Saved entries
━━━━
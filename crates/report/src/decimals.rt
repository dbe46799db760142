// Quotients with six decimals.
ghost use Rattle.std.specs.Prelude.{◌≡◌, ◌+◌, ◌*◌, ◌/◌, ◌%◌, ◌≤◌, ◌<◌};
ghost use Rattle.weights.specs.declared.TheConstants.{MAX};
ghost use Rattle.report.specs.DecimalSteps.{IsTenth};
ghost use Rattle.report.specs.Decimals.{millionths, six_decimals as six_decimals_of};

// Ten times a remainder, divided.
#[derive(Clone, Copy)]
struct Tenth {
    digit: u64,
    rest: u128,
}

// The next decimal digit of a quotient whose remainder is below the denominator.
fn next_digit(rest: u128, denominator: u128) -> Tenth
    requires rest { rest < denominator }
    requires denominator { denominator ≤ MAX }
    ensures { IsTenth rest denominator result.digit result.rest }
{
    let mut digit = 0;
    let mut sum = 0;
    for _turn in 0..10u64 {
        sum += rest;
        if denominator <= sum {
            sum -= denominator;
            digit += 1;
        }
    }
    Tenth { digit, rest: sum }
}

// A quotient of at most 1 in millionths, rounded half up.
fn millionths_of(numerator: u128, denominator: u128) -> u64
    requires part { numerator ≤ denominator }
    requires some { 0 < denominator }
    requires denominator { denominator ≤ MAX }
    ensures value { result ≡ millionths numerator denominator }
    ensures most { result ≤ 1000000 }
{
    let mut whole = 0;
    let mut rest = numerator;
    if rest == denominator {
        whole = 1;
        rest = 0;
    }
    for _turn in 0..6u64 {
        let tenth = next_digit(rest, denominator);
        whole = 10 * whole + tenth.digit;
        rest = tenth.rest;
    }
    if denominator - rest <= rest {
        whole + 1
    } else {
        whole
    }
}

// The decimal digit at the place of a power of ten, as a character.
fn digit(n: u64, power: u64) -> u8
    requires { 0 < power }
    ensures { result ≡ 48 + (n / power) % 10 }
{
    (n / power % 10) as u8 + b'0'
}

/// A quotient of at most 1 as a digit, a point and six decimals, rounded half up. It takes no
/// memory.
pub fn six_decimals(numerator: u128, denominator: u128) -> [u8; 8]
    requires part { numerator ≤ denominator }
    requires some { 0 < denominator }
    requires denominator { denominator ≤ MAX }
    ensures { result ≡ six_decimals_of numerator denominator }
{
    let n = millionths_of(numerator, denominator);
    [
        digit(n, 1_000_000),
        b'.',
        digit(n, 100_000),
        digit(n, 10_000),
        digit(n, 1_000),
        digit(n, 100),
        digit(n, 10),
        digit(n, 1),
    ]
}
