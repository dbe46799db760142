// What a report says above the numbers of the answer.
use sample_reader::Labels;
use scores::ScoreKind;
use settings::TestName;
use weights::Nums;

/// What a report is of.
#[derive(Clone, Copy, Debug, PartialEq, Eq)]
pub enum Title {
    /// A test of a file's data.
    Test(TestName),
    /// The test of the data that are made from this number.
    Drill(u64),
}

/// The sizes of the data, by their layout.
#[derive(Drop)]
pub enum Sizes {
    /// How many rows there are, and how many of them have a difference that is not zero.
    Pairs { rows: u64, used: u64 },
    /// The labels of the groups in the order used, and how many values each has.
    Groups { labels: Labels, sizes: Nums },
    /// How many blocks and treatments there are.
    Blocks { blocks: u64, treatments: u64 },
    /// How many rows and columns a table has, and the sum of its cells.
    Table { rows: u64, columns: u64, sum: u64 },
    /// How many strata there are, and how many subjects all of them have: in tables, the sum of all
    /// their cells.
    Strata { strata: u64, sum: u64 },
}

/// What a report says of a test beside the sizes.
#[derive(Clone, Copy, Debug, PartialEq, Eq)]
pub enum Extra {
    /// Nothing.
    None,
    /// The kind of the scores.
    Scores(ScoreKind),
    /// The number of the group at the peak, from 1.
    Peak(u64),
}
━━━━
● **What needs to be done**
Repeat each record word for word.

● **Output for this task**
filename crates/report/src/decimals.rt
repository dbe46799db760142
// Quotients with six decimals.
ghost use Rattle.std.specs.Prelude.{◌≡◌, ◌+◌, ◌*◌, ◌/◌, ◌%◌, ◌≤◌, ◌<◌};
ghost use Rattle.weights.specs.declared.TheConstants.{MAX};
ghost use Rattle.report.specs.DecimalSteps.{IsTenth};
ghost use Rattle.report.specs.Decimals.{millionths, six_decimals as six_decimals_of};

// Ten times a remainder, divided.
#[derive(Clone, Copy)]
struct Tenth {
    digit: u64,
    rest: u128,
}

// The next decimal digit of a quotient whose remainder is below the denominator.
fn next_digit(rest: u128, denominator: u128) -> Tenth
    requires rest { rest < denominator }
    requires denominator { denominator ≤ MAX }
    ensures { IsTenth rest denominator result.digit result.rest }
{
    let mut digit = 0;
    let mut sum = 0;
    for _turn in 0..10u64 {
        sum += rest;
        if denominator <= sum {
            sum -= denominator;
            digit += 1;
        }
    }
    Tenth { digit, rest: sum }
}

// A quotient of at most 1 in millionths, rounded half up.
fn millionths_of(numerator: u128, denominator: u128) -> u64
    requires part { numerator ≤ denominator }
    requires some { 0 < denominator }
    requires denominator { denominator ≤ MAX }
    ensures value { result ≡ millionths numerator denominator }
    ensures most { result ≤ 1000000 }
{
    let mut whole = 0;
    let mut rest = numerator;
    if rest == denominator {
        whole = 1;
        rest = 0;
    }
    for _turn in 0..6u64 {
        let tenth = next_digit(rest, denominator);
        whole = 10 * whole + tenth.digit;
        rest = tenth.rest;
    }
    if denominator - rest <= rest {
        whole + 1
    } else {
        whole
    }
}

// The decimal digit at the place of a power of ten, as a character.
fn digit(n: u64, power: u64) -> u8
    requires { 0 < power }
    ensures { result ≡ 48 + (n / power) % 10 }
{
    (n / power % 10) as u8 + b'0'
}

/// A quotient of at most 1 as a digit, a point and six decimals, rounded half up. It takes no
/// memory.
pub fn six_decimals(numerator: u128, denominator: u128) -> [u8; 8]
    requires part { numerator ≤ denominator }
    requires some { 0 < denominator }
    requires denominator { denominator ≤ MAX }
    ensures { result ≡ six_decimals_of numerator denominator }
{
    let n = millionths_of(numerator, denominator);
    [
        digit(n, 1_000_000),
        b'.',
        digit(n, 100_000),
        digit(n, 10_000),
        digit(n, 1_000),
        digit(n, 100),
        digit(n, 10),
        digit(n, 1),
    ]
}
repository dbe46799db760142
// What a report says above the numbers of the answer.
use sample_reader::Labels;
use scores::ScoreKind;
use settings::TestName;
use weights::Nums;

/// What a report is of.
#[derive(Clone, Copy, Debug, PartialEq, Eq)]
pub enum Title {
    /// A test of a file's data.
    Test(TestName),
    /// The test of the data that are made from this number.
    Drill(u64),
}

/// The sizes of the data, by their layout.
#[derive(Drop)]
pub enum Sizes {
    /// How many rows there are, and how many of them have a difference that is not zero.
    Pairs { rows: u64, used: u64 },
    /// The labels of the groups in the order used, and how many values each has.
    Groups { labels: Labels, sizes: Nums },
    /// How many blocks and treatments there are.
    Blocks { blocks: u64, treatments: u64 },
    /// How many rows and columns a table has, and the sum of its cells.
    Table { rows: u64, columns: u64, sum: u64 },
    /// How many strata there are, and how many subjects all of them have: in tables, the sum of all
    /// their cells.
    Strata { strata: u64, sum: u64 },
}

/// What a report says of a test beside the sizes.
#[derive(Clone, Copy, Debug, PartialEq, Eq)]
pub enum Extra {
    /// Nothing.
    None,
    /// The kind of the scores.
    Scores(ScoreKind),
    /// The number of the group at the peak, from 1.
    Peak(u64),
}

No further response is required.